The Fezouata fossils came to prominence in the early 2000s when 50 preserved fossils were found in Zagora by a local fossil collector called Mohamed ‘Ou Saïd’ Ben Moula.
These fossils were representative of the late Tremadocian and middle Floian ages of the Lower Ordovician and sparked international interest.
These new Paleozoic fauna created from the Great Ordovician Biodiversification Event would go on to radiate across and dominate the seas and oceans for the next 230 million years. The worldwide distribution and evolution of species such as free-floating Graptolites and eel-like Conodonts of the Ordovician Period would be among a group of key species used to correlate fossil deposits.
The radiation of new Paleozoic faunas during the Ordovician Period was driven by the favourable conditions of paleogeography. A combination of rapid sea-floor spreading, warm climates, high sea levels, and the ecological evolution of zooplankton and suspension-feeding organisms allowed them to gorge on an increased abundance of phytoplankton.
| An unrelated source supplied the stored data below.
// Finding the files below a folder.
ghost use Rattle.std.specs.Prelude.{◌≡◌, ◌++◌, [], ◌∷◌, map, IfOk, OnOk, option_map, string_bytes};
ghost use Rattle.std.specs.List.{cons_option, filter_map};
ghost use Rattle.file_access.specs.Listing.{as_entry};
ghost use Rattle.named_files.specs.Finding.{Finds, IsNamed, Lists, as_named, folder, named, path_of, found_path_in};
ghost use Rattle.named_files.specs.Finding.{found_path_of};
ghost use Rattle.named_files.specs.Search.{Advances, as_found_path, found_by, waiting_of};

use crate::names::{is_graphql, is_hidden, is_of_others, path_in};
use file_access::{Entry, Files, Kind};
use std::alloc::{AllocError, Allocator};
use std::io::{self, ErrorKind};

/// What a path names.
#[derive(Drop)]
pub enum Named<A: Allocator> {
    /// The path of a file.
    File(String<A>),
    /// A path where no file or no folder could be read, and why.
    Failed(String<A>, io::Error),
}

impl<A: Allocator> Named<A> {
    /// The path.
    pub fn path(&self) -> &str
        ensures { result.now ≡ path_of (as_named self.now) }
    {
        match self {
            Named::File(path) | Named::Failed(path, _) => path.as_str(),
        }
    }
}

// A path that is still to be looked at.
#[derive(Drop)]
enum FoundPath<A: Allocator> {
    File(String<A>),
    // of a folder, or where nothing is known of it
    Folder(String<A>),
    Failed(String<A>, io::Error),
}

// What has this path and name, if it is looked at.
fn found_path_of<A: Allocator>(path: String<A>, name: &str, kind: Kind) -> Option<FoundPath<A>>
    ensures { option_map as_found_path result ≡ found_path_of (string_bytes path) name.now kind }
{
    match kind {
        Kind::File if is_graphql(name) => Some(FoundPath::File(path)),
        Kind::Folder if !is_of_others(name) => Some(FoundPath::Folder(path)),
        Kind::Failed(error) => Some(FoundPath::Failed(path, error)),
        Kind::File | Kind::Folder | Kind::Other => None,
    }
}

// The path of an entry of a folder, if it is looked at.
fn found_path_in<A: Allocator + Copy, B: Allocator>(
    alloc: A,
    folder: &str,
    entry: &Entry<B>,
) -> Result<Option<FoundPath<A>>, AllocError>
    ensures { IfOk result (λ found_path. option_map as_found_path found_path
        ≡ found_path_in folder.now (as_entry entry.now)) }
{
    let name = entry.name.as_str();
    if is_hidden(name) {
        return Ok(None);
    }
    let path = path_in(alloc, folder, name)?;
    Ok(found_path_of(path, name, entry.kind))
}

// What is found, and the paths that wait to be looked at, the next one last.
#[derive(Drop)]
struct Search<A: Allocator> {
    alloc: A,
    waiting: Vec<FoundPath<A>, A>,
    found: Vec<Named<A>, A>,
}

impl<A: Allocator + Copy> Search<A> {
    // Before it looks at the path that it begins with.
    #[tactic(auto, using(crate::proofs::SearchLemmas::reverse_more))]
    fn from(alloc: A, path: &str) -> Result<Search<A>, AllocError>
        ensures waiting { IfOk result (λ search. waiting_of search ≡ folder path.now ∷ []) }
        ensures found { IfOk result (λ search. found_by search ≡ []) }
    {
        let path = String::from_str(alloc, path)?;
        let mut waiting = Vec::new(alloc);
        waiting.push(FoundPath::Folder(path))?;
        Ok(Search {
            alloc,
            waiting,
            found: Vec::new(alloc),
        })
    }

    // Has an entry of a folder looked at next.
    #[tactic(auto, using(crate::proofs::SearchLemmas::reverse_more))]
    fn put(&mut self, folder: &str, entry: &Entry<A>) -> Result<(), AllocError>
        ensures waiting { OnOk result (waiting_of self.new
            ≡ cons_option (found_path_in folder.now (as_entry entry.now)) (waiting_of self.old)) }
        ensures found { found_by self.new ≡ found_by self.old }
    {
        if let Some(found_path) = found_path_in(self.alloc, folder, entry)? {
            self.waiting.push(found_path)?;
        }
        Ok(())
    }

    // Has the entries of a folder looked at next.
    #[tactic(auto, using(crate::proofs::SearchLemmas::filter_map_last))]
    fn put_all(&mut self, folder: &str, mut entries: Vec<Entry<A>, A>) -> Result<(), AllocError>
        ensures waiting { OnOk result (waiting_of self.new
            ≡ filter_map (found_path_in folder.now) (map as_entry entries.items) ++ waiting_of self.old) }
        ensures found { found_by self.new ≡ found_by self.old }
    {
        while let Some(entry) = entries.pop() {
            self.put(folder, &entry)?;
        }
        Ok(())
    }

    // Adds what is found.
    fn add(&mut self, named: Named<A>) -> Result<(), AllocError>
        ensures waiting { waiting_of self.new ≡ waiting_of self.old }
        ensures found { OnOk result (found_by self.new ≡ found_by self.old ++ as_named named ∷ []) }
    {
        self.found.push(named)?;
        Ok(())
    }

    // Looks at a path: adds what is found there, or has the entries of a folder looked at next.
    fn look<F: Files>(&mut self, files: &mut F, found_path: FoundPath<A>) -> Result<(), AllocError>
        ensures ok { OnOk result
            (Advances F.lists (as_found_path found_path ∷ waiting_of self.old) (found_by self.old) files.old
            (waiting_of self.new) (found_by self.new) files.new) }
        ensures lists { Lists F.lists files.old files.new }
    {
        match found_path {
            FoundPath::File(path) => self.add(Named::File(path)),
            FoundPath::Failed(path, error) => self.add(Named::Failed(path, error)),
            FoundPath::Folder(path) => match files.list(self.alloc, path.as_str()) {
                Ok(Some(entries)) => self.put_all(path.as_str(), entries),
                Ok(None) => self.add(Named::File(path)),
                Err(error) => self.add(Named::Failed(path, error)),
            },
        }
    }
}

// What is found at a path and below it.
fn find<F: Files, A: Allocator + Copy>(
    alloc: A,
    files: &mut F,
    path: &str,
) -> Result<Vec<Named<A>, A>, AllocError>
    ensures ok { IfOk result
        (λ found. Finds F.lists (folder path.now ∷ []) (map as_named found.items) files.old files.new) }
    ensures lists { Lists F.lists files.old files.new }
{
    let mut search = Search::from(alloc, path)?;
    for _ in 0..u64::MAX {
        let Some(found_path) = search.waiting.pop() else {
            return Ok(search.found);
        };
        search.look(files, found_path)?;
    }
    // never reached: no memory has room for 2^64 paths
    Err(AllocError)
}

// Where nothing is found, the path counts as unreadable.
fn or_failed<A: Allocator + Copy>(
    alloc: A,
    path: &str,
    mut found: Vec<Named<A>, A>,
) -> Result<Vec<Named<A>, A>, AllocError>
    ensures { IfOk result (λ it. map as_named it.items ≡ named path.now (map as_named found.items)) }
{
    if found.len() != 0 {
        return Ok(found);
    }
    let path = String::from_str(alloc, path)?;
    let error = io::Error::new(ErrorKind::NotFound, "no GraphQL files are there");
    found.push(Named::Failed(path, error))?;
    Ok(found)
}

/// The files that a path names: its own, or the GraphQL files below a folder in the order of their paths, one name
/// after the other. What could not be read is among them, and the path itself where there are none. Hidden names,
/// `node_modules` and symbolic links below the folder are left out.
pub fn named_files<F: Files, A: Allocator + Copy>(
    alloc: A,
    files: &mut F,
    path: &str,
) -> Result<Vec<Named<A>, A>, AllocError>
    ensures ok { IfOk result (λ found. IsNamed F.lists path.now (map as_named found.items) files.old files.new) }
    ensures lists { Lists F.lists files.old files.new }
{
    let found = find(alloc, files, path)?;
    let found = or_failed(alloc, path, found)?;
    Ok(found)
}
Sometimes called the "plants of the sea" phytoplankton form the bottom of the aquatic food chain and through the process of photosynthesis and the availability of carbon dioxide, sunlight, and the nutrients of nitrogen, phosphorous, and iron from the intense volcanic activity they supported and fuelled the growth in diversity of other organisms.
There are a number of similarities and differences between the fossil assemblages of both the Burgess Shale and the Fezouata Shale. Unlike the Burgess Shale, the Fezouata fossil record shows a sustained increase in ecological structuring and diversity of species in the marine ecosystem throughout the entire water column. The marine life of the Burgess Shale was mostly restricted to habitats near the sea bed and near shore.
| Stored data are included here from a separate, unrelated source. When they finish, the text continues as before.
// What the program prints of itself.

/// The name of the program, as its messages have it.
pub const PROGRAM: &str = "gqlls";

/// The version of the program.
pub const VERSION: &str = "gqlls 0.1.0\n";

/// How the program is called.
pub const USAGE: &str = "usage: gqlls [--recursion N] [--tokens N] [--stdio]\n";

/// What it does, and its options.
pub const HELP: &str = "usage: gqlls [--recursion N] [--tokens N] [--stdio]

A language server for GraphQL. It reads requests from standard input and writes
answers to standard output, as the Language Server Protocol 3.17 has them, so
an editor starts it.

  --recursion N  how deep a document may nest (500 if not given)
  --tokens N     how many tokens it may have, with white space, commas and
                 comments (no limit if not given)
  --stdio        use standard input and output, as it does without
  -h, --help     print this text
  -V, --version  print the version

The status is 0 when the client ends it by shutdown and exit, 1 when it exits
without shutdown, and 2 when the program was called otherwise, or something
could not be read or written.
";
Both fossil records share similar ways of fossil preservation by carbonaceous compression and authigenic mineralisation. Carbonaceous compressions can be loosely compared to creating a detailed photographic negative whereby the carbon residue of an organism is left after sediment compresses the organism over time in anaerobic conditions. Authigenic mineralisation happens in situ during sedimentation either by the precipitation or recrystallisation of minerals replacing the organism's organic body form to produce precise molds and casts.
It is believed that the Fezouata fossils were already dead and decaying on the sea bed of the offshore zone of the continental shelf before they were buried.
This zone was below the wave base and at a depth beneath where there is no wave movement and relatively little disturbance.
The organisms were covered in periodic storm deposits of well-sorted sand. These conditions are in contrast to the Burgess Shale where living organisms were transported, smothered, and preserved by sediments from periodic landslips from a platform into a basin.
The Fezouata fossil assemblage of preserved soft-bodied animals includes a number of living fossils or holdovers from the Cambrian Period and a number of original common ancestors or crown group taxa that have evolved by the Early Ordovician.
The fossils found within the Fezouata Shales include acritarchs, chitinozoans, bivalves, cnidarians, conodonts, echinoderms, gastropods, graptolites, hyolithids, palaeoscolecids, sponges, and trilobites.